Bilanz: Das Rote Kreuz sucht 100000 Vermisste
Die Anzahl der Vermissten war seit über zehn Jahren nicht mehr so hoch. Bei der Suche werden verstärkt digitale Techniken eingesetzt.
Weltweit sucht das Rote Kreuz nach fast 100000 Vermissten, so viele wie zuletzt vor zehn Jahren. Unter ihnen sind 20000 Kinder. Die Suchanfragen-Bilanz stellte das Rote Kreuz am Dienstag anlässlich des Internationalen Tages der Vermissten vor. Die Suchdienstarbeit des Internationalen Komitee vom Roten Kreuz (IKRK) und 191Rotkreuz- und Rothalbmondgesellschafen hilft Menschen, die durch Krieg, Katastrophen oder Flucht von ihren Angehörigen getrennt wurden. „Die Unwissenheit darüber, was passiert ist, verursacht größtes Leid“, sagte Martin Schüepp vom IKRK.
Fast 3000 Suchanfragen im vergangenen Jahr
2017 erreichten das DRK 2744 Suchanfragen und im ersten Halbjahr dieses Jahres 1159 Anfragen, bei denen entweder der Gesuchte in Deutschland vermutet wird oder der Suchende hier lebt. Hauptherkunftsländer sind Afghanistan, Syrien, Somalia und Eritrea. In etwa der Hälfte der Fälle konnte der Suchdienst Auskunft erteilen. Weltweit wurden 2017 mehr als 320000 Familiennachrichten empfangen oder zugestellt und fast 800000 Telefonate zwischen Angehörigen vermittelt. Auch Kontakt zu Inhaftierten kann das Rote Kreuz so herstellen.
Digitale Techniken werden verstärkt eingesetzt
Die Leiterin der DRK-Suchdienstes, Dorota Dziwoki, sagte zu den Schwierigkeiten der Suche: „Allein zum Vornamen Mohammed gibt es mehr als 70 verschiedene Schreibweisen.“ Neben unterschiedlichen Transkriptionen von Namen sei erschwerend, dass in vielen Herkunftsländern Geburtsdatum- und ort sowie der Nachname von Frauen nicht erfasst würden. Aus diesem Grund gebe es neue Suchmethoden, wie die onlinebasierte Suche mit Fotos, „Trace the Face“. Suchende können ein Foto von sich in eine weltweit einsehbare Datenbank einstellen. Falls ein Angehöriger den Suchenden erkennt, kann er sich per Mausklick bei dem zuständigen Roten Kreuz melden, welches dann den Kontakt koordiniert. Zukünftig soll durch eine Gesichtserkennungssoftware die Trefferquote erhöht werden. Zudem gibt es eine nicht öffentliche Datenbank, in der Namen und Namensbestandteile mit Algorithmen abgeglichen werden. „Gebe es Facebook nicht, hätten wir wahrscheinlich die dreifache Anzahl an Anfragen“, sagte Dziwoki.
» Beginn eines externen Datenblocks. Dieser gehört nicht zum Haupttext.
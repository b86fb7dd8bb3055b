//! How many tables a paint may need.
ghost use Rattle.std.specs.Prelude.{◌≡◌, ◌+◌, ◌-◌, ◌*◌, ◌≤◌, ◌<◌, ℕ, false, IsTrue, List};
ghost use Rattle.gv_types.specs.Page.{PAGES};
ghost use Rattle.gv_types.specs.PageRange.{span, meets, end_of, PageRangeState};
ghost use Rattle.gv_types.specs.declared.mapping.Mapping.{Mapping};
ghost use Rattle.gv_ranges.specs.List.{IsLaidOut, IsIndexOfPage, AreEnded};
ghost use Rattle.gv_table.specs.declared.slot.Slot.TheVariants.{Empty};
ghost use Rattle.gv_table.specs.Kinds.{Kind, of, one_of, unless};
ghost use Rattle.gv_table.specs.Levels.{top_level, root_level, slots_per_table, pages_of, slot_pages, first_within};
ghost use Rattle.gv_table.specs.Sums.{sum_below};
ghost use Rattle.gv_table.specs.Tree.{is_table, child};
ghost use Rattle.gv_table.specs.Counts.{needed, may_divide, HasSameTables};

use crate::alike::alike_from;
use crate::deciding_mapping::advance;
use crate::kind_counts::KindCounts;
use crate::levels::{TOP_LEVEL, pages_of, part_around, slots_met};
use crate::slot::Slot;
use crate::slot_position::{Excerpt, SlotPosition};
use crate::unnamed_list::UnnamedList;
use crate::wanted::{Wanted, slot_wanted};
use gv_types::PageRange;

/// A slot of the slot's table, or an empty one: no page is a table.
fn child_of<'a>(slot: &'a Slot, index: usize, empty: &'a Slot) -> &'a Slot
    requires within { index < slots_per_table }
    requires empty { empty.now ≡ Empty }
    ensures { HasSameTables (child slot.now index) result.now }
{
    match slot {
        Slot::Table(slots) => &slots[index],
        Slot::Pages(_) => empty,
        Slot::Empty | Slot::Zero { .. } | Slot::Buffer { .. } => empty,
    }
}

/// The table that a slot at a level has to be made, unless it is one.
fn missing(slot: &Slot, level: usize) -> KindCounts
    requires { 0 < level }
    ensures { (kind : Kind) → of kind result ≡ unless (is_table slot.now) (one_of kind (level - 1)) }
{
    let one = u64::from(!slot.is_table());
    if level == 1 {
        KindCounts {
            pages: one,
            slots: 0,
        }
    } else {
        KindCounts {
            pages: 0,
            slots: one,
        }
    }
}

/// Whether a slot needs no table, whatever the pieces are: it is a page, or its one table stands.
fn needs_none(slot: &Slot, level: usize) -> bool
    ensures none { IsTrue result → (kind : Kind) (pieces : List Mapping) (range : PageRangeState) (first : ℕ) → needed kind pieces range level first slot.now ≡ 0 }
    ensures some { result ≡ false → 0 < level }
{
    match slot {
        Slot::Pages(_) | Slot::Table(_) => level <= 1,
        Slot::Empty | Slot::Zero { .. } | Slot::Buffer { .. } => level == 0,
    }
}

/// Whether a slot may have to be a table, where a list will have the pieces in the range.
fn may_be_table(excerpt: &Excerpt<'_, '_>, slot_at: SlotPosition) -> bool
    requires known { slot_at.level ≤ top_level }
    requires in_space { end_of (slot_pages slot_at.level slot_at.first) ≤ PAGES }
    requires laid_out { IsLaidOut excerpt.now.mappings.now }
    requires position { IsIndexOfPage excerpt.now.mappings.now (first_within excerpt.now.range slot_at.first)
        excerpt.now.position }
    ensures { result ≡ may_divide excerpt.now.mappings.now excerpt.now.range slot_at.level slot_at.first }
{
    let Some(pages) = PageRange::new(slot_at.first, pages_of(slot_at.level)) else {
        return false;
    };
    if !pages.meets(excerpt.range) {
        return false;
    }
    if !pages.lies_in(excerpt.range) {
        return true;
    }
    match slot_wanted(excerpt, slot_at) {
        Wanted::Table => true,
        Wanted::Nothing | Wanted::Entry(_) => false,
    }
}

/// How many slots from a slot on lie in the range and need no table: one piece holds them whole, or no piece meets them.
#[inline(always)]
fn undivided_from(excerpt: &Excerpt<'_, '_>, slot_at: SlotPosition) -> u64
    requires known { slot_at.level ≤ top_level }
    requires laid_out { IsLaidOut excerpt.now.mappings.now }
    requires position { IsIndexOfPage excerpt.now.mappings.now (first_within excerpt.now.range slot_at.first)
        excerpt.now.position }
    ensures { (k : ℕ) → k < result → may_divide excerpt.now.mappings.now excerpt.now.range slot_at.level
        (slot_at.first + k * pages_of slot_at.level) ≡ false }
{
    alike_from(excerpt, slot_at).count
}

/// How many positions of a slot may need a table where it has none.
#[cycle(needed_tables)]
#[inline(always)]
fn needed_in(slot: &Slot, slot_at: SlotPosition, excerpt: &Excerpt<'_, '_>) -> KindCounts
    requires known { slot_at.level ≤ top_level }
    requires in_space { end_of (slot_pages slot_at.level slot_at.first) ≤ PAGES }
    requires laid_out { IsLaidOut excerpt.now.mappings.now }
    requires position { IsIndexOfPage excerpt.now.mappings.now (first_within excerpt.now.range slot_at.first)
        excerpt.now.position }
    ensures count { (kind : Kind) → of kind result
        ≡ needed kind excerpt.now.mappings.now excerpt.now.range slot_at.level slot_at.first slot.now }
    ensures bound { (kind : Kind) → of kind result + 1 ≤ pages_of slot_at.level }
{
    let SlotPosition { level, first } = slot_at;
    if needs_none(slot, level) || !may_be_table(excerpt, slot_at) {
        return KindCounts::NONE;
    }
    let one = missing(slot, level);
    if level == 1 {
        return one;
    }
    let slot_at = SlotPosition {
        level: level - 1,
        first,
    };
    one.with(needed_below(slot, slot_at, excerpt))
}

/// The same for the slots of its table, which are at the level.
#[cycle(needed_tables)]
fn needed_below(slot: &Slot, slot_at: SlotPosition, excerpt: &Excerpt<'_, '_>) -> KindCounts
    requires known { slot_at.level ≤ root_level }
    requires in_space { slot_at.first + slots_per_table * pages_of slot_at.level ≤ PAGES }
    requires laid_out { IsLaidOut excerpt.now.mappings.now }
    requires position { AreEnded excerpt.now.mappings.now (first_within excerpt.now.range slot_at.first)
        excerpt.now.position }
    requires met { IsTrue (meets (span slot_at.first (slots_per_table * pages_of slot_at.level)) excerpt.now.range) }
    ensures count { (kind : Kind) → of kind result ≡ sum_below slots_per_table
        (λ k. needed kind excerpt.now.mappings.now excerpt.now.range slot_at.level
        (slot_at.first + k * pages_of slot_at.level) (child slot.now k)) }
    ensures bound { (kind : Kind) → of kind result + slots_per_table ≤ slots_per_table * pages_of slot_at.level }
{
    let SlotPosition { level, first } = slot_at;
    let Excerpt {
        mappings: pieces,
        range,
        mut position,
    } = *excerpt;
    let pages = pages_of(level);
    let empty = Slot::Empty;
    let mut total = KindCounts::NONE;
    let (low, high) = slots_met(level, first, range);
    let mut index = low;
    while index < high {
        let start = first + index as u64 * pages;
        position = advance(pieces, position, start.max(range.first()));
        let slot_at = SlotPosition {
            level,
            first: start,
        };
        let excerpt = Excerpt {
            mappings: pieces,
            range,
            position,
        };
        let undivided = undivided_from(&excerpt, slot_at).min((high - index) as u64);
        if undivided == 0 {
            let part = child_of(slot, index, &empty);
            total = total.with(needed_in(part, slot_at, &excerpt));
            index += 1;
        } else {
            index += undivided as usize;
        }
    }
    total
}

/// How many positions of the tree may need a table where it has none. As long as the range lies in one part of a slot, only that
/// part is looked at: the slot has to be a table whatever the pieces are.
pub fn needed_in_tree(root: &Slot, pieces: &UnnamedList<'_>, range: PageRange) -> KindCounts
    requires { IsLaidOut pieces.now }
    ensures { (kind : Kind) → of kind result ≡ needed kind pieces.now range top_level 0 root.now }
{
    let empty = Slot::Empty;
    let page = range.first();
    let mut slot = root;
    let mut level = TOP_LEVEL;
    let mut first = 0;
    let mut count = KindCounts::NONE;
    while let Some(index) = part_around(level, first, range) {
        count = count.with(missing(slot, level));
        slot = child_of(slot, index, &empty);
        level -= 1;
        first += index as u64 * pages_of(level);
    }
    // So it mostly ends: no piece is read.
    if needs_none(slot, level) {
        return count;
    }
    let excerpt = Excerpt {
        mappings: pieces,
        range,
        position: advance(pieces, 0, page),
    };
    count.with(needed_in(slot, SlotPosition { level, first }, &excerpt))
}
Suche nach Vermissten des 2. Weltkriegs läuft noch
Das DRK versucht auch weiterhin, die Schicksale von Vermissten des Zweiten Weltkriegs zu klären. 4747 Anfragen gingen hierzu im ersten Halbjahr ein. „Mit zunehmenden Alter finden die Menschen die Ruhe, um das, was sie in der Vergangenheit belastet hat, aufzuarbeiten“, sagte DRK-Präsidentin Gerda Hasselfeldt. Erst vor Kurzem hätte ein Geschwisterpaar, das bei der Vertreibung aus Ostpreußen getrennt worden sei, zusammengeführt werden können. Der Zugang zu Archiven der Sowjetunion, der nach dem Ende des Kalten Krieges möglich geworden sei, erleichtere die Suche. 1,3 Millionen Anfragen sind jedoch noch immer unbeantwortet.